▶ _WHAT TO WORK ON_:
Scan the listing for the word "IsAnsweredAlong" and report every line that contains it.

▶ _DATA_:
ghost use Rattle.std.specs.Prelude.{◌≡◌, ◌<◌, ◌≤◌, ◌^◌, ◌↔◌, All, IfOk, IsTrue, MatchOption, length};
ghost use Rattle.std.specs.List.{AllByRecursion as Each};
ghost use Rattle.st_model.specs.History.{after_call, is_change};
ghost use Rattle.st_model.specs.Legal.{tells_place, AreAcceptedInTurn};
ghost use Rattle.st_model.specs.Reply.{IsReply};
ghost use Rattle.plain_legal.specs.Runs.{AreChanges, IsAnsweredThere, IsAnsweredAlong};

use plain_model::{apply, change_of, is_change, placed_of};
use plain_reply::reply;
use st_model::{Call, ModelState, Placed, Reply};
use std::alloc::{AllocError, Global};

// ---- accepted calls, one after the other

// The number that the file got, which is one of 64 bits.
fn number_of(placed: &Placed) -> u64
    ensures value { result ≡ placed.now.number }
    ensures small { result < 2 ^ 64 }
{
    placed.number
}

// Numbers of 64 bits are small: what the type says, as a fact.
fn are_small(placed: &[Placed])
    ensures { All (λ one. one.number < 2 ^ 64) placed.now }
{
    for one in placed {
        let _number = number_of(one);
    }
}

/// The state after an accepted call that is answered rightly under this capacity.
pub fn after(
    alloc: Global,
    state: &ModelState,
    capacity: u64,
    call: &Call,
) -> Result<ModelState, AllocError>
    requires answered { IsReply state.now capacity call.now.asked call.now.reply }
    requires accepted { IsTrue (is_change call.now.reply) }
    ensures { IfOk result (λ next. next ≡ after_call state.now call.now) }
{
    let _ = capacity;
    let _last = state.last;
    let _family = state.next_family;
    are_small(placed_of(&call.reply));
    match change_of(alloc, call)? {
        Some(change) => apply(alloc, state, &change),
        None => state.clone(),
    }
}

// The state after the accepted call: None exactly where it isn't answered rightly.
fn state_after(
    alloc: Global,
    state: &ModelState,
    capacity: u64,
    call: &Call,
) -> Result<Option<ModelState>, AllocError>
    requires { IsTrue (is_change call.now.reply) }
    ensures { let refused = IsReply state.now capacity call.now.asked call.now.reply → ⊥ in
        IfOk result (λ next. MatchOption next refused
        (λ after. IsReply state.now capacity call.now.asked call.now.reply × (after ≡ after_call state.now call.now))) }
{
    if reply(alloc, state, capacity, &call.asked, &call.reply)? {
        Ok(Some(after(alloc, state, capacity, call)?))
    } else {
        Ok(None)
    }
}

/// Whether each of the accepted calls is answered rightly at the state that those before it leave.
pub fn are_accepted_in_turn(
    alloc: Global,
    opening: &ModelState,
    capacity: u64,
    accepted: &[Call],
) -> Result<bool, AllocError>
    requires { AreChanges accepted.now }
    ensures { IfOk result (λ holds. IsTrue holds ↔ AreAcceptedInTurn opening.now capacity accepted.now) }
{
    let mut state = opening.clone()?;
    for call in accepted {
        match state_after(alloc, &state, capacity, call)? {
            Some(next) => state = next,
            None => return Ok(false),
        }
    }
    Ok(true)
}

// ---- the other calls, each at the state of its place

// Whether the reply speaks of the state at its place.
fn tells_place(reply: &Reply) -> bool
    ensures { result ≡ tells_place reply.now }
{
    match reply {
        Reply::Await => false,
        Reply::Long => false,
        _ => !is_change(reply),
    }
}

// Whether the call, if it speaks of the state at this place, may be answered so there.
fn is_answered_at(
    alloc: Global,
    state: &ModelState,
    capacity: u64,
    call: &Call,
    place: u64,
) -> Result<bool, AllocError>
    ensures { IfOk result (λ holds. IsTrue holds ↔ IsAnsweredThere state.now capacity place call.now) }
{
    if call.place == place && tells_place(&call.reply) {
        reply(alloc, state, capacity, &call.asked, &call.reply)
    } else {
        Ok(true)
    }
}

// Whether that holds of each call.
fn are_answered_at(
    alloc: Global,
    state: &ModelState,
    capacity: u64,
    calls: &[Call],
    place: u64,
) -> Result<bool, AllocError>
    ensures { IfOk result (λ holds. IsTrue holds ↔ Each (IsAnsweredThere state.now capacity place) calls.now) }
{
    for call in calls {
        if !is_answered_at(alloc, state, capacity, call, place)? {
            return Ok(false);
        }
    }
    Ok(true)
}

/// Whether each call that changes nothing may be answered so at the state after the first of the accepted calls, as
/// many as its place says.
pub fn are_answered(
    alloc: Global,
    opening: &ModelState,
    capacity: u64,
    calls: &[Call],
    accepted: &[Call],
) -> Result<bool, AllocError>
    requires changes { AreChanges accepted.now }
    requires in_turn { AreAcceptedInTurn opening.now capacity accepted.now }
    requires within { Each (λ call. call.place ≤ length accepted.now) calls.now }
    ensures { IfOk result (λ holds. IsTrue holds
        ↔ Each (IsAnsweredAlong opening.now capacity accepted.now) calls.now) }
{
    let mut state = opening.clone()?;
    for (place, change) in accepted.iter().enumerate() {
        if !are_answered_at(alloc, &state, capacity, calls, place as u64)? {
            return Ok(false);
        }
        state = after(alloc, &state, capacity, change)?;
    }
    are_answered_at(alloc, &state, capacity, calls, accepted.len() as u64)
}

▶ _EXERCISE ANSWER_:
ghost use Rattle.plain_legal.specs.Runs.{AreChanges, IsAnsweredThere, IsAnsweredAlong};
        ↔ Each (IsAnsweredAlong opening.now capacity accepted.now) calls.now) }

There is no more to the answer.